--- Data supplied Enclosed Below ---
//! Sources over bytes in memory.
ghost use Rattle.std.specs.Prelude.{◌≡◌, ◌≤◌, ◌-◌, Ok, Some, drop, length, min, vec_len};
ghost use Rattle.xet_outside.specs.Told.{ReadCall};

use xet_outside::source::{Source, SourceFault};

/// A source over bytes in memory, which has no faults.
#[derive(Drop)]
pub struct VecSource {
    bytes: Vec<u8>,
    // how many of the bytes were taken
    at: usize,
    ghost within: { at ≤ vec_len bytes },
}

impl VecSource {
    /// A source of these bytes.
    pub fn new(bytes: Vec<u8>) -> VecSource
        ensures { ⟦<VecSource as Source>⟧.told result ≡ record { left = Some bytes.items; faults = 0 } }
    {
        VecSource { bytes, at: 0 }
    }
}

impl Source for VecSource {
    ghost told = { λ s. record { left = Some (drop s.at s.bytes.items); faults = 0 } };

    /// Gives as many of the bytes that are left as the buffer takes.
    fn read(&mut self, into: &mut [u8]) -> Result<usize, SourceFault>
        ensures call { ReadCall (⟦<VecSource as Source>⟧.told self.old)
            (⟦<VecSource as Source>⟧.told self.new) into.new result }
        ensures full { result ≡ Ok (min (vec_len self.old.bytes - self.old.at) (length into.new)) }
    {
        let left = &self.bytes[self.at..];
        let count = left.len().min(into.len());
        into[..count].copy_from_slice(&left[..count]);
        self.at += count;
        Ok(count)
    }
}
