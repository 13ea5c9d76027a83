//! Sinks and sources: over bytes in memory, over writers and readers of std, and a sink of hexadecimal digits.
#![tactic(auto)]

pub mod buffered_sink;
mod hex_digits;
pub mod hex_sink;
pub mod mem_file;
mod pushing;
pub mod read_source;
pub mod script_sink;
pub mod script_source;
mod tries;
pub mod vec_sink;
pub mod vec_source;
pub mod write_sink;

pub use buffered_sink::BufferedSink;
pub use hex_sink::HexSink;
pub use mem_file::MemFile;
pub use read_source::ReadSource;
pub use script_sink::{ScriptSink, SinkStep};
pub use script_source::{ScriptSource, SourceStep};
pub use vec_sink::VecSink;
pub use vec_source::VecSource;
pub use write_sink::{FileSink, WriteSink};
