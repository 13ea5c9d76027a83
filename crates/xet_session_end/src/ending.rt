//! The end of a session, behind the cut of what waits.
ghost use Rattle.std.specs.Prelude.{◌≡◌, IfOk, map};
ghost use Rattle.xet_shard_interface.specs.Interfaces.{AddsRecords, shards_told};
ghost use Rattle.xet_session_end.specs.Ends.{EndsBehind, end_counts, files_alone};

use std::alloc::Global;
use xet_base::{List, MDBFileInfo, OutOfMemory};
use xet_outside::ClientError;
use xet_shard_interface::SessionShardInterface;
use xet_shards::ShardStore;
use xet_upload::{DataError, DeduplicationMetrics, PendingFile};
use xet_uploader::Uploader;

// The records of the files.
fn file_records(alloc: Global, files: &[PendingFile]) -> Result<List<MDBFileInfo>, OutOfMemory>
    ensures { IfOk result (λ records. records ≡ map (λ p. p.info) files.now) }
{
    let mut infos = List::new(alloc);
    for file in files {
        infos.push(file.info.copied(alloc)?)?;
    }
    Ok(infos)
}

// Adds the records of the files to those of the session.
fn add_finished<R: ShardStore>(
    alloc: Global,
    shards: &mut SessionShardInterface<R>,
    finished: &[PendingFile],
) -> Result<(), DataError>
    ensures { AddsRecords (shards_told R.told shards.old) (shards_told R.told shards.new)
        (files_alone (map (λ p. p.info) finished.now)) result }
{
    let records = file_records(alloc, finished)?;
    shards.add_files(alloc, records)
}

// The counts with those of shards of so many bytes.
fn count_shards(metrics: &mut DeduplicationMetrics, bytes: u64)
    ensures { metrics.new ≡ end_counts metrics.old bytes }
{
    metrics.shard_bytes_uploaded = bytes;
    metrics.total_bytes_uploaded = metrics.xorb_bytes_uploaded.saturating_add(bytes);
}

/// Ends a session behind the cut of what waits, by that cut's answer: after one that failed it does nothing, and
/// answers the same error. Else the records of the finished files come behind those of the session, all are put as
/// shards, and the counts are taken last. A dry run puts no records. A failed put of a shard is kept in `failed`.
///
/// `OutOfMemory` where an allocation was refused. `ClientError` only where a put failed, and `IOError` only where a
/// store of records failed, or by the cut.
///
/// In the Rust crate xet-data: the end of `FileUploadSession::finalize`.
pub fn end_session<U: Uploader, R: ShardStore>(
    alloc: Global,
    uploader: &mut U,
    shards: &mut SessionShardInterface<R>,
    finished: &[PendingFile],
    metrics: &mut DeduplicationMetrics,
    failed: &mut Option<ClientError>,
    cut: Result<(), DataError>,
) -> Result<DeduplicationMetrics, DataError>
    ensures { EndsBehind
        (record {
          uploader = U.told uploader.old;
          shards = shards_told R.told shards.old;
          metrics = metrics.old;
          failed = failed.old;
        })
        (record {
          uploader = U.told uploader.new;
          shards = shards_told R.told shards.new;
          metrics = metrics.new;
          failed = failed.new;
        })
        (map (λ p. p.info) finished.now) cut result }
{
    cut?;
    add_finished(alloc, shards, finished)?;
    let bytes = shards.upload_shards(alloc, uploader, failed)?;
    count_shards(metrics, bytes);
    Ok(*metrics)
}
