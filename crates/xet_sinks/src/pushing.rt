//! The loop over one piece, which counts what went out.
ghost use Rattle.xet_sinks.specs.steps.Pushed.{Pushed};

use xet_outside::sink::{Sink, SinkError};

/// How much of a piece went out: all of it, so many bytes before memory ran out, or some prefix.
#[derive(Clone, Copy, PartialEq, Eq)]
pub(crate) enum Sent {
    Whole,
    Memory(usize),
    Fault,
}

/// Writes the piece until all of it is taken, or the sink fails or finds no memory.
pub(crate) fn push<S: Sink>(sink: &mut S, piece: &[u8]) -> Sent
    ensures { Pushed (S.told sink.old) (S.told sink.new) piece.now result }
{
    let mut at = 0usize;
    while at < piece.len() {
        match sink.write(&piece[at..]) {
            Ok(count) => at += count,
            Err(SinkError::OutOfMemory) => return Sent::Memory(at),
            Err(SinkError::Failed) => return Sent::Fault,
        }
    }
    Sent::Whole
}
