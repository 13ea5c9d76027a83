//! The end of a session: the put of a xorb whose refusal is kept, and what comes behind the last cut.
#![tactic(auto)]

mod ending;
mod xorb_put;

pub use ending::end_session;
pub use xorb_put::put_xorb;
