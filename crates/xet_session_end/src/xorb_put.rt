//! The put of a xorb.
ghost use Rattle.xet_session_end.specs.Puts.{PutsXorb};

use std::alloc::Global;
use xet_base::Xorb;
use xet_outside::ClientError;
use xet_upload::DataError;
use xet_uploader::Uploader;

/// Puts a xorb, and answers how many bytes were sent. A refusal is kept in `failed`: `ClientError` where the uploader
/// failed, `OutOfMemory` where it was refused an allocation. It takes no memory of its own.
///
/// In the Rust crate xet-data: the put in `FileUploadSession::register_new_xorb`.
pub fn put_xorb<U: Uploader>(
    alloc: Global,
    uploader: &mut U,
    failed: &mut Option<ClientError>,
    xorb: &Xorb,
) -> Result<u64, DataError>
    ensures { PutsXorb (U.told uploader.old) (U.told uploader.new) failed.old failed.new xorb.now result }
{
    match uploader.put_xorb(alloc, xorb) {
        Ok(sent) => Ok(sent),
        Err(refused) => {
            *failed = Some(refused);
            Err(DataError::from(refused))
        }
    }
}
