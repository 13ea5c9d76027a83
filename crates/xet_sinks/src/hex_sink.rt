//! Sinks of hexadecimal digits over a sink below.
ghost use Rattle.std.specs.Prelude.{◌≡◌, ◌≤◌, ◌⊎◌, Err, IsErrOf, OnOk, false, length, [], option_map, true};
ghost use Rattle.xet_outside.specs.Told.{FlushCall, WriteCall};
ghost use Rattle.xet_sinks.specs.HexText.{HexPrefix, HexText, MissesOne, hex_told};
ghost use Rattle.xet_sinks.specs.steps.HexPieces.{Filled, Stands};
ghost use Rattle.xet_sinks.specs.steps.Settled.{Settled};

use crate::hex_digits::write_digits;
use crate::pushing::{Sent, push};
use std::snapshot::Snapshot;
use xet_outside::sink::{Sink, SinkError};

// how many bytes one piece of digits is of
const BYTES: usize = 128;

/// A sink that writes two lower-case hexadecimal digits for each byte to the sink below it, in pieces of 256 digits
/// and a last one of fewer.
///
/// A byte is taken once its first digit is out. A second digit that is missing then is kept, and the next write or
/// flush sends it first. After the inner sink's `Failed` every later write or flush answers `OutOfMemory` and calls
/// nothing, since how much went out is not known. An `Ok` write takes the whole piece, unless the inner sink answers
/// `OutOfMemory`: then the answer is the number of bytes that were taken in this call, or `OutOfMemory` where there
/// are none.
#[derive(Drop)]
pub struct HexSink<O: Sink> {
    inner: O,
    // the inner sink at first, and when the piece of digits was begun
    start: Snapshot<O>,
    known: Snapshot<O>,
    digits: [u8; 256],
    // the place of the second digit that is missing, 0 where none is
    at: usize,
    // the inner sink failed, and how much went out isn't known
    stopped: bool,
    // how the inner sink stands, and which digit is missing
    pub ghost stands: { Stands (O.told start.value).took (O.told known.value).took (O.told inner).took
        digits at stopped },
}

// The digits of at most 128 bytes, and then zeros.
fn digits_of(bytes: &[u8]) -> [u8; 256]
    requires { length bytes.now ≤ 128 }
    ensures { Filled result bytes.now }
{
    let mut digits = [48; 256];
    write_digits(bytes, &mut digits[..2 * bytes.len()]);
    digits
}

impl<O: Sink> HexSink<O> {
    /// A sink over the inner one, which took nothing so far.
    pub fn new(inner: O) -> HexSink<O>
        ensures inner { result.inner ≡ inner }
        ensures took { (⟦<HexSink<O> as Sink>⟧.told result).took ≡ option_map (λ _. []) (O.told inner).took }
        ensures began { (O.told result.start.value).took ≡ (O.told inner).took }
        ensures runs { result.stopped ≡ false }
    {
        let start = Snapshot::of(&inner);
        let known = Snapshot::of(&inner);
        HexSink {
            inner,
            start,
            known,
            digits: [48; 256],
            at: 0,
            stopped: false,
        }
    }

    // Sends the digit that is missing.
    fn settle(&mut self) -> Result<(), SinkError>
        ensures call { Settled (⟦<HexSink<O> as Sink>⟧.told self.old)
            (⟦<HexSink<O> as Sink>⟧.told self.new) self.new.at self.new.stopped result }
        ensures fault { IsErrOf result SinkError.Failed → self.new.stopped ≡ true }
        ensures runs { self.new.stopped ≡ true → (self.old.stopped ≡ true) ⊎ IsErrOf result SinkError.Failed }
        ensures stopped { self.old.stopped ≡ true
            → (result ≡ Err SinkError.OutOfMemory) × (self.new ≡ self.old) }
    {
        if self.stopped {
            return Err(SinkError::OutOfMemory);
        }
        if self.at == 0 {
            return Ok(());
        }
        let digit = [self.digits[self.at]];
        match push(&mut self.inner, &digit) {
            Sent::Whole => {
                self.at = 0;
                Ok(())
            }
            Sent::Memory(_) => Err(SinkError::OutOfMemory),
            Sent::Fault => {
                self.stopped = true;
                Err(SinkError::Failed)
            }
        }
    }

    // Sends the digits of at most 128 bytes, where none is missing.
    fn send(&mut self, bytes: &[u8]) -> Result<usize, SinkError>
        requires whole { (self.old.at ≡ 0) × (self.old.stopped ≡ false) }
        requires short { length bytes.now ≤ 128 }
        ensures call { WriteCall (⟦<HexSink<O> as Sink>⟧.told self.old)
            (⟦<HexSink<O> as Sink>⟧.told self.new) bytes.now result }
        ensures fault { IsErrOf result SinkError.Failed → self.new.stopped ≡ true }
        ensures runs { self.new.stopped ≡ true → (self.old.stopped ≡ true) ⊎ IsErrOf result SinkError.Failed }
    {
        let digits = digits_of(bytes);
        self.known = Snapshot::of(&self.inner);
        self.digits = digits;
        match push(&mut self.inner, &digits[..2 * bytes.len()]) {
            Sent::Whole => Ok(bytes.len()),
            Sent::Memory(0) => Err(SinkError::OutOfMemory),
            Sent::Memory(out) => {
                if out % 2 == 1 {
                    self.at = out;
                    return Ok((out + 1) / 2);
                }
                Ok((out + 1) / 2)
            }
            Sent::Fault => {
                self.stopped = true;
                Err(SinkError::Failed)
            }
        }
    }

    // Sends what is missing, and the digits of at most 128 bytes.
    fn put(&mut self, bytes: &[u8]) -> Result<usize, SinkError>
        requires { length bytes.now ≤ 128 }
        ensures call { WriteCall (⟦<HexSink<O> as Sink>⟧.told self.old)
            (⟦<HexSink<O> as Sink>⟧.told self.new) bytes.now result }
        ensures fault { IsErrOf result SinkError.Failed → self.new.stopped ≡ true }
        ensures runs { self.new.stopped ≡ true → (self.old.stopped ≡ true) ⊎ IsErrOf result SinkError.Failed }
    {
        self.settle()?;
        self.send(bytes)
    }

    // Sends the digits of all bytes, as far as memory reaches.
    fn put_all(&mut self, piece: &[u8]) -> Result<usize, SinkError>
        ensures call { WriteCall (⟦<HexSink<O> as Sink>⟧.told self.old)
            (⟦<HexSink<O> as Sink>⟧.told self.new) piece.now result }
        ensures fault { IsErrOf result SinkError.Failed → self.new.stopped ≡ true }
        ensures runs { self.new.stopped ≡ true → (self.old.stopped ≡ true) ⊎ IsErrOf result SinkError.Failed }
    {
        let mut taken = 0usize;
        while taken < piece.len() {
            let end = taken + (piece.len() - taken).min(BYTES);
            match self.put(&piece[taken..end]) {
                Ok(count) => {
                    taken += count;
                    if taken < end {
                        return Ok(taken);
                    }
                }
                Err(SinkError::OutOfMemory) => {
                    if taken == 0 {
                        return Err(SinkError::OutOfMemory);
                    }
                    return Ok(taken);
                }
                Err(SinkError::Failed) => return Err(SinkError::Failed),
            }
        }
        Ok(taken)
    }

    /// The inner sink, which ends the loan of a sink over a reference. A second digit that is missing is not sent:
    /// flush first.
    pub fn into_inner(self) -> O
        ensures inner { result ≡ self.inner }
        ensures text { HexPrefix (O.told self.start.value).took (O.told self.inner).took
            (⟦<HexSink<O> as Sink>⟧.told self).took }
        ensures missing { MissesOne (O.told self.start.value).took (O.told self.inner).took
            (⟦<HexSink<O> as Sink>⟧.told self).took }
    {
        self.inner
    }
}

impl<O: Sink> Sink for HexSink<O> {
    ghost told = { λ s. hex_told (O.told s.start.value) (O.told s.known.value) (O.told s.inner) s.digits };

    fn write(&mut self, piece: &[u8]) -> Result<usize, SinkError>
        ensures call { WriteCall (⟦<HexSink<O> as Sink>⟧.told self.old)
            (⟦<HexSink<O> as Sink>⟧.told self.new) piece.now result }
        ensures fault { IsErrOf result SinkError.Failed → self.new.stopped ≡ true }
        ensures runs { self.new.stopped ≡ true → (self.old.stopped ≡ true) ⊎ IsErrOf result SinkError.Failed }
        ensures stopped { self.old.stopped ≡ true
            → (result ≡ Err SinkError.OutOfMemory) × (self.new ≡ self.old) }
    {
        self.settle()?;
        self.put_all(piece)
    }

    fn flush(&mut self) -> Result<(), SinkError>
        ensures call { FlushCall (⟦<HexSink<O> as Sink>⟧.told self.old)
            (⟦<HexSink<O> as Sink>⟧.told self.new) result }
        ensures text { OnOk result (HexText (O.told self.new.start.value).took (O.told self.new.inner).took
            (⟦<HexSink<O> as Sink>⟧.told self.new).took) }
        ensures fault { IsErrOf result SinkError.Failed → self.new.stopped ≡ true }
        ensures runs { self.new.stopped ≡ true → (self.old.stopped ≡ true) ⊎ IsErrOf result SinkError.Failed }
        ensures stopped { self.old.stopped ≡ true
            → (result ≡ Err SinkError.OutOfMemory) × (self.new ≡ self.old) }
    {
        self.settle()?;
        let answer = self.inner.flush();
        self.stopped = answer == Err(SinkError::Failed);
        answer
    }
}
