//! Xorbs and files by ascending hash.
ghost use Rattle.std.specs.Prelude.{◌≡◌, ◌↔◌, AllPairs, IfErr, IfOk, IsFalse, IsTrue, MatchBool, MatchOption};
ghost use Rattle.xet_base.specs.Hashes.{hash_eq};
ghost use Rattle.xet_compact.specs.steps.Ascending.{AreFiles, AreXorbs, ClashCause, ClashesAt, NoneClashes};

use crate::compaction::CompactError;
use bytes::Bytes;
use xet_audit::{RawFile, RawXorb};
use xet_base::{List, MerkleHash, OutOfMemory};

/// Files whose hashes differ, by ascending hash.
pub(crate) fn sorted_files(files: Vec<RawFile>) -> Result<List<RawFile>, OutOfMemory>
    requires { AllPairs (λ a b. IsFalse (hash_eq a.hash b.hash)) files.items }
    ensures { IfOk result (AreFiles files.items) }
{
    let mut files = files;
    files.sort_by_key(|file| file.hash)?;
    Ok(List::from_vec(files))
}

/// Xorbs by ascending hash, those that are equal once.
///
/// `Clash` exactly where two with one hash have different chunks: of several such hashes the least.
pub(crate) fn merged_xorbs(xorbs: Vec<RawXorb>) -> Result<List<RawXorb>, CompactError>
    ensures merged { IfOk result (AreXorbs xorbs.items) }
    ensures cause { IfErr result (ClashCause xorbs.items) }
{
    let mut xorbs = xorbs;
    xorbs.sort_by_key(|xorb| xorb.hash)?;
    if let Some(hash) = first_clash(xorbs.as_slice()) {
        return Err(CompactError::Clash(hash));
    }
    xorbs.dedup_by_key(|xorb| xorb.hash);
    Ok(List::from_vec(xorbs))
}

// The hash of the first two neighbours that have one hash and different chunks.
fn first_clash(xorbs: &[RawXorb]) -> Option<MerkleHash>
    ensures { MatchOption result (NoneClashes xorbs.now) (ClashesAt xorbs.now) }
{
    for i in 1..xorbs.len() {
        let xorb = &xorbs[i];
        if clashes(&xorbs[i - 1], xorb) {
            return Some(xorb.hash);
        }
    }
    None
}

// Whether two xorbs have one hash and different chunks.
fn clashes(a: &RawXorb, b: &RawXorb) -> bool
    ensures { MatchBool result ((a.now.hash ≡ b.now.hash) × (a.now.chunks ≡ b.now.chunks → ⊥))
        (a.now.hash ≡ b.now.hash → a.now.chunks ≡ b.now.chunks) }
{
    a.hash.is_same(&b.hash) && !have_same(a.chunks.as_slice(), b.chunks.as_slice())
}

// Whether the chunks are equal.
fn have_same(a: &[Bytes], b: &[Bytes]) -> bool
    ensures { IsTrue result ↔ (a.now ≡ b.now) }
{
    a == b
}
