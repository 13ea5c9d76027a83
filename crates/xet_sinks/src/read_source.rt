//! Sources over readers of std.
ghost use Rattle.std.specs.Io.KnownBytes.{ReadConsumes};
ghost use Rattle.std.specs.Prelude.{◌≡◌, None};
ghost use Rattle.xet_sinks.specs.Faults.{CountsFault};
ghost use Rattle.xet_outside.specs.Told.{ReadCall};

use crate::tries::{TRIES, is_interrupted};
use std::io::Read;
use xet_outside::source::{Source, SourceFault};

/// A source over a reader of std: the trusted edge, where bytes come in. It tells nothing of the bytes that are left,
/// since a reader of std may begin to tell them. Where the reader tells, `read` says the same of it as std's `read`.
///
/// A read is one call of the reader. An interrupted call is made again, at most 16 times. One more interruption, and
/// any other error at once, is a fault.
#[derive(Drop)]
pub struct ReadSource<A> {
    inner: A,
    // the count of faults, which stands at its last value
    faults: u64,
}

impl<A: Read> ReadSource<A> {
    /// A source over the reader, with no faults so far.
    pub fn new(inner: A) -> ReadSource<A>
        ensures told { ⟦<ReadSource<A> as Source>⟧.told result ≡ record { left = None; faults = 0 } }
        ensures inner { result.inner ≡ inner }
    {
        ReadSource { inner, faults: 0 }
    }
}

impl<A: Read> Source for ReadSource<A> {
    ghost told = { λ s. record { left = None; faults = s.faults } };

    /// One read. Where std's reader tells its bytes, they lose the ones that were given, and none after a fault.
    fn read(&mut self, into: &mut [u8]) -> Result<usize, SourceFault>
        ensures call { ReadCall (⟦<ReadSource<A> as Source>⟧.told self.old)
            (⟦<ReadSource<A> as Source>⟧.told self.new) into.new result }
        ensures bytes { ReadConsumes (A.remaining self.old.inner) (A.remaining self.new.inner) result into.new }
        ensures counted { CountsFault self.old.faults self.new.faults result }
    {
        for _ in 0..=TRIES {
            match self.inner.read(into) {
                Ok(count) => return Ok(count),
                Err(error) if is_interrupted(&error) => {}
                Err(_) => break,
            }
        }
        self.faults = self.faults.saturating_add(1);
        Err(SourceFault)
    }
}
--- End of Enclosed Data supplied ---
▶ [Goal of the exercise] No lines before the one containing "(⟦<ReadSource<A> as Source>⟧.told self.old)" belong in the answer; write out that line and each one after it exactly, through the end of the records.

▶ [Answer for this exercise]
        ensures call { ReadCall (⟦<ReadSource<A> as Source>⟧.told self.old)
            (⟦<ReadSource<A> as Source>⟧.told self.new) into.new result }
        ensures bytes { ReadConsumes (A.remaining self.old.inner) (A.remaining self.new.inner) result into.new }
        ensures counted { CountsFault self.old.faults self.new.faults result }
    {
        for _ in 0..=TRIES {
            match self.inner.read(into) {
                Ok(count) => return Ok(count),
                Err(error) if is_interrupted(&error) => {}
                Err(_) => break,
            }
        }
        self.faults = self.faults.saturating_add(1);
        Err(SourceFault)
    }
}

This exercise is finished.